Videotape testimony of Natalie G., who was born in Radzymin, Poland in 1940, and was left on a doorstep at eighteen months old when her parents fled the Germans. She recalls being in a convent with many other children; pervasive memories of hunger; being "shuffled around"; striving to be quiet and unobtrusive; and attending church where she learned negative things about Jews. Mrs. G. recounts her postwar reunion with her father; confusion because she had no concept of family; feeling "shuffled around" again; adjusting to being Jewish; mixed feelings at her father's remarriage when she was about seven; being sick but having no fear of death; and the family's move to Marseille, France in 1948. She describes feeling displaced by the birth of a younger brother; being more comfortable with adults than children; adolescent fantasies of becoming a nun; her pain at having so few memories of early years; and understanding what her mother must have gone through in deciding to give up her child.
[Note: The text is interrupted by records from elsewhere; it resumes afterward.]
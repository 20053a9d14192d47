//! What changes no slot.

ghost use Rattle.std.specs.Prelude.{◌≡◌, ◌^◌, ◌<◌, [], map, slice_get, slice_set, IfOk, IfSome, OnOk};
ghost use Rattle.java_heap.specs.Seen.{value_of};
ghost use Rattle.java_meaning.specs.Meaning.{print_units, write_static};
ghost use Rattle.java_meaning.specs.Languages.{language_of};
ghost use Rattle.run_code.specs.Ops.{act, save, keep_static, keep_element, show, lacks};
ghost use Rattle.run_code.specs.Machine.{goes};
ghost use Rattle.run_code.specs.Seen.{operand_of, effect_of};
ghost use Rattle.run_state.specs.Run.{plain_of, state_of, config_of};
ghost use Rattle.run_state.specs.Founds.{keeps};
ghost use Rattle.run_state.specs.Turns.{to_next, Turns, Does};

use java_core::Fault;
use java_heap::{Value, convert, print, text_of};
use run_code::{Effect, Operand, Tried};
use run_state::{Ending, Kept, Machine, Turn, as_int, next, saved, write_element};

/// What changes no slot is done.
pub fn act<'a>(m: &mut Machine<'a>, effect: &Effect) -> Tried<Turn>
    requires { m.old.pc < 2 ^ 63 }
    ensures { Does (act (effect_of effect.now)) m.old result m.new }
{
    match effect {
        Effect::KeepStatic(field, value) => keep_static(m, *field, value),
        Effect::Show(newline, value) => show(m, *newline, value),
        Effect::ShowEnd(newline) => print_all(m, &[], *newline),
        Effect::Lacks(o) => lacks(m, o),
    }
}

/// The next comes once a write is done.
#[inline(always)]
fn done<'a>(m: &mut Machine<'a>, kept: Kept) -> Tried<Turn>
    requires { m.old.pc < 2 ^ 63 }
    ensures { Turns (λ go. keeps kept (state_of m.old) (go (goes (config_of m.old) (m.old.pc + 1) (state_of m.old)))) m.old result m.new }
{
    match kept {
        Kept::Done => next(m),
        Kept::Fault(fault) => stop!(m, Ending::Faulty(fault)),
        Kept::Stuck => stop!(m, Ending::Stuck),
    }
}

ghost use Rattle.std.specs.Prelude.{◌+◌};

/// A field of an object is set.
#[inline(never)]
pub fn save<'a>(
    m: &mut Machine<'a>,
    o: &Operand,
    place: u32,
    is_int: bool,
    value: &Operand,
) -> Tried<Turn>
    requires { m.old.pc < 2 ^ 63 }
    ensures { Does (act (save (operand_of o.now) place is_int (operand_of value.now))) m.old result m.new }
{
    match m.slots.read(m.base, o) {
        None => stop!(m, Ending::Stuck),
        Some(object) => match m.slots.read(m.base, value) {
            None => stop!(m, Ending::Stuck),
            Some(value) => {
                let kept = saved(&mut m.heap, object, place, as_int(is_int, value));
                done(m, kept)
            }
        },
    }
}

/// A static field is set.
fn keep_static<'a>(m: &mut Machine<'a>, field: u32, value: &Operand) -> Tried<Turn>
    requires { m.old.pc < 2 ^ 63 }
    ensures { Does (act (keep_static field (operand_of value.now))) m.old result m.new }
{
    match m.slots.read(m.base, value) {
        None => stop!(m, Ending::Stuck),
        Some(value) => write_static(m, field, value),
    }
}

/// A static field is set to a value.
fn write_static<'a>(m: &mut Machine<'a>, field: u32, value: Value) -> Tried<Turn>
    requires { m.old.pc < 2 ^ 63 }
    ensures { Turns (λ go. write_static (language_of (plain_of m.old)) field (value_of value) (state_of m.old) (to_next m.old go)) m.old result m.new }
{
    match m.classes.field_type(field) {
        None => stop!(m, Ending::Stuck),
        Some(ty) => {
            if (field as usize) < m.statics.len() {
                m.statics[field as usize] = convert(ty, value);
                next(m)
            } else {
                stop!(m, Ending::Stuck)
            }
        }
    }
}

/// An element of an array is set.
#[inline(never)]
pub fn keep_element<'a>(
    m: &mut Machine<'a>,
    o: &Operand,
    at: &Operand,
    value: &Operand,
) -> Tried<Turn>
    requires { m.old.pc < 2 ^ 63 }
    ensures { Does (act (keep_element (operand_of o.now) (operand_of at.now) (operand_of value.now))) m.old result m.new }
{
    match m.slots.read(m.base, o) {
        None => stop!(m, Ending::Stuck),
        Some(array) => match m.slots.read(m.base, at) {
            None => stop!(m, Ending::Stuck),
            Some(index) => match m.slots.read(m.base, value) {
                None => stop!(m, Ending::Stuck),
                Some(value) => put_element(m, array, index, value),
            },
        },
    }
}

ghost use Rattle.java_meaning.specs.Moment.{with_some};
ghost use Rattle.java_meaning.specs.Values.{number_of};
ghost use Rattle.java_meaning.specs.Meaning.{write_element};

/// An element of an array is set to a value.
#[inline(always)]
fn put_element<'a>(m: &mut Machine<'a>, array: Value, index: Value, value: Value) -> Tried<Turn>
    requires { m.old.pc < 2 ^ 63 }
    ensures { Turns (λ go. with_some (number_of (value_of index)) (state_of m.old)
        (λ n. write_element (language_of (plain_of m.old)) (value_of array) n (value_of value) (state_of m.old) (to_next m.old go))) m.old result m.new }
{
    match index.number() {
        None => stop!(m, Ending::Stuck),
        Some(index) => {
            let kept = write_element(&mut m.classes, &mut m.heap, array, index, value)?;
            done(m, kept)
        }
    }
}

/// A value is printed.
fn show<'a>(m: &mut Machine<'a>, newline: bool, value: &Operand) -> Tried<Turn>
    requires { m.old.pc < 2 ^ 63 }
    ensures { Does (act (show newline (operand_of value.now))) m.old result m.new }
{
    match m.slots.read(m.base, value) {
        None => stop!(m, Ending::Stuck),
        Some(value) => {
            let text = text_of(m.alloc, &m.heap, value)?;
            match text {
                None => stop!(m, Ending::Stuck),
                Some(units) => print_all(m, &units, newline),
            }
        }
    }
}

/// A text is printed.
fn print_all<'a>(m: &mut Machine<'a>, units: &[u16], newline: bool) -> Tried<Turn>
    requires { m.old.pc < 2 ^ 63 }
    ensures { Turns (λ go. print_units newline units.now (state_of m.old) (to_next m.old go)) m.old result m.new }
{
    print(&mut m.out, units, newline)?;
    next(m)
}

/// An object is asked for what its static type does not offer.
fn lacks<'a>(m: &mut Machine<'a>, o: &Operand) -> Tried<Turn>
    requires { m.old.pc < 2 ^ 63 }
    ensures { Does (act (lacks (operand_of o.now))) m.old result m.new }
{
    match m.slots.read(m.base, o) {
        None => stop!(m, Ending::Stuck),
        Some(Value::Null) => stop!(m, Ending::Faulty(Fault::Null)),
        Some(_) => stop!(m, Ending::Stuck),
    }
}
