//! The machine that runs linear code.
//!
//! Each thing that the machine does is one function on its state, and a run does one thing after the other.
#![tactic(auto)]

/// The run ends so.
macro_rules! stop {
    ($machine:ident, $ending:expr) => {{
        $machine.ending = $ending;
        Ok(Turn::Stopped)
    }};
}

/// An operator of ints.
macro_rules! int {
    ($op:ident) => {
        BinOp::Int(Op::$op)
    };
}

/// The place of the next thing.
macro_rules! behind {
    ($from:ident) => {
        Place {
            pc: $from.pc + 1,
            left: $from.left,
        }
    };
}

/// The place once a step has been taken.
macro_rules! paid {
    ($from:ident) => {
        Place {
            pc: $from.pc,
            left: $from.left - 1,
        }
    };
}

mod asking;
mod bodies;
mod calcs;
mod calls;
mod effects;
mod jumps;
mod moves;
mod quick;
mod runs;
mod string_calls;

pub use runs::go;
Mrs. G. shows family pictures.

Author/Creator
G., Natalie, 1940-
Published
Northridge, Calif. : Child Survivor Archive at California State University, Northridge, 1984
Interview Date
March 21, 1984.
Locale
Poland
Radzymin (Poland)
Marseille (France)
Language
English
Copies
1 copy: 1/2 in. VHS.
Cite As
Natalie G. Holocaust Testimony (HVT-317). Fortunoff Video Archive for Holocaust Testimonies, Yale University Library.